--- In
cybalist@yahoogroups.com, "Mate Kapovic" <mkapovic@...> wrote:
>...
> As I understand it, Kortlandt assumes that the long neo-acute in
gen. pl.
> *gor'U > *go~rU in a. p. c is a regular development (this is also
the case
> in the a. p. c present tense like *neset'I > *nese~tI as you state
in your
> 1984 article). Thus, he assumes that in *st'olU there was no Dybo's
law
> because *stolU is short not long (and the a. p. b gen. pl. is long
> analogically to a. p. c gen. pl.). But I really don't see what is
gained by
> supposing this kind of development. Analogical development of gen.
pl. in a.
> p. b is required anyway and the lengthening in present tense
(*neset'I) is
> also not very conviencing.
Very briefly and superficially.
A. For the GPl what is needed is a source for the length alternation
you find in SCr, Sln and Slk, and in traces in Cz and P. In
Kortlandt's system, the loss of the stressability of final jers is
that source. Once length is present in (c), its spread to (a) and (b)
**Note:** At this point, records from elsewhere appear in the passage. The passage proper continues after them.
ghost use Rattle.std.specs.Prelude.{◌≡◌, ◌<◌, None, Some, OnOk, IsOk};
ghost use Rattle.slab.specs.Slab.{get, Updates};
ghost use Rattle.flash_keys.specs.Room.{IsRoomy};
ghost use Rattle.flash_keys.specs.Lent.{lent_bytes};

use crate::cell::Cell;
use slab::Slab;
use std::alloc::AllocError;

// Takes memory for one key more in a class. A class has at most 2^29 keys.
pub fn reserve_in<const N: usize>(class: &mut Slab<Cell<N>>) -> Result<(), AllocError>
    ensures room { OnOk result (IsRoomy class.new) }
    ensures has_room { IsRoomy class.old → IsOk result }
    ensures room_stays { IsRoomy class.old → IsRoomy class.new }
    ensures kept { class.new ≡ record class.old { capacity = class.new.capacity } }
{
    if class.vacant_key() > 0x1fff_ffff {
        return Err(AllocError);
    }
    class.reserve(1)
}

// Keeps a key in a class, and answers the index of its cell.
pub fn keep_in<const N: usize>(class: &mut Slab<Cell<N>>, cell: Cell<N>) -> u32
    requires { IsRoomy class.old }
    ensures low { result < 536870912 }
    ensures was { get class.old result ≡ None }
    ensures keeps { Updates class.old class.new result (Some cell.entry) }
{
    class.insert_reserved(cell) as u32
}

// The bytes of a key of a class, where there is one at that index.
pub fn bytes_in<const N: usize>(class: &Slab<Cell<N>>, index: u32) -> Option<&[u8]>
    ensures { lent_bytes result ≡ get class.now index }
{
    match class.get(index as usize) {
        Some(cell) => Some(cell.bytes()),
        None => None,
    }
}

// Gives back the cell at an index of a class. Where there was room, there is room after.
pub fn remove_in<const N: usize>(class: &mut Slab<Cell<N>>, index: u32)
    requires { index < 536870912 }
    ensures removed { Updates class.old class.new index None }
    ensures room { IsRoomy class.old → IsRoomy class.new }
{
    let _ = class.try_remove(index as usize);
}
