//! The bytes of keys, each key once in memory and named by a number of 32 bits.
//!
//! A `KeyStore` has eight size classes, each a slab of cells of one size, so a key takes one cell and no
//! allocation of its own. `reserve_one` takes the memory for one key more of any length; `keep` then takes
//! none, and answers a `KeyId`, which names the bytes until `give_back`. `bytes` lends them.
//!
//! Proved: a new id named nothing before and names exactly the key's bytes, and no call changes what
//! another id names.
#![tactic(auto)]

mod cell;
mod class;
mod key_id;
mod key_store;

pub use key_id::KeyId;
pub use key_store::KeyStore;

#[cfg(test)]
mod tests;
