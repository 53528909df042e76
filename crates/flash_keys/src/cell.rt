ghost use Rattle.std.specs.Prelude.{◌≡◌, ℕ, ◌≤◌, List, length, take};

use std::marker::Model;

/// The bytes of a key, at most N, held in line. It is seen as the list of the bytes.
#[derive(Drop)]
pub struct Cell<const N: usize> {
    len: u8,
    bytes: [u8; N],
}

impl<const N: usize> Model for Cell<N> {
    ghost Value = { List ℕ };

    ghost view = { λ c. take c.len c.bytes };

    ghost invariant = { λ c. c.len ≤ N };
}

impl<const N: usize> Cell<N> {
    /// A cell with the bytes of a key.
    pub fn of(key: &[u8]) -> Cell<N>
        requires fits { length key.now ≤ N }
        requires small { N ≤ 255 }
        ensures { result ≡ key.now }
    {
        let mut bytes = [0; N];
        let (front, _) = bytes.split_at_mut(key.len());
        front.copy_from_slice(key);
        Cell {
            len: key.len() as u8,
            bytes,
        }
    }

    /// The key's bytes.
    pub fn bytes(&self) -> &[u8]
        ensures { result.now ≡ self.now }
    {
        &self.bytes[..self.len as usize]
    }
}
is a trivial analogy, as is its virtually total elimination in modern
Czech. But it has to start somewhere and that's a point where most
systems are acutely vulnerable.
B. For the present tense, the mechanism explains a number of
distributions that are actually attested, e.g. the link between
length of the thematic vowel and type (c) which Boutelje (and much
later Stang) established for Central Slovak, and also the type of
distribution of length and brevity you have in such C^ak dialects as
Susak and Vrgada. Living systems all over the Slavic world have
intricate distributions of length and brevity and it just does not do
to state, as has been done so often, that these are due to analogical
carry-over of length found elsewhere because there were no similar
distributions elsewhere. Most accentological theories don't even
begin to explain those distributions.
> Also, I cannot find an explanation in Kortlandt 1975 why does the
nom. sg.
> of a. p. b have a neo-acute (*poN~tI) if there was no Dybo and no
retraction
> from the jer.
Yet if you follow his reasoning in the "konj" chapter (13-19) closely
you'll find out easily that it is the regular reflex and that it is
*not* a neo-acute in the sense in which that term is used by
Kortlandt (notably p. 17, which, by the way, is still awaiting
elaboration).
A propos the latter: the terminological system comprising such words
as "acute", "neoacute", "circumflex", "neocircumflex", etc. is more
of a liability than anything else because it conflates synchronic and
diachronic considerations, prevents vowel length from being taken
seriously and effectively obstructs our view of the synchronic
properties of the various systems that must have succeeded each other
in the final phase of shared Slavic innovations (and which produced
those innovations). Different accentologists use those words with
different meanings. In extreme cases one guy's neoacute can be
another's circumflex. It is much more fruitful (and flexible) to talk
in terms of tone, vowel length etcetera.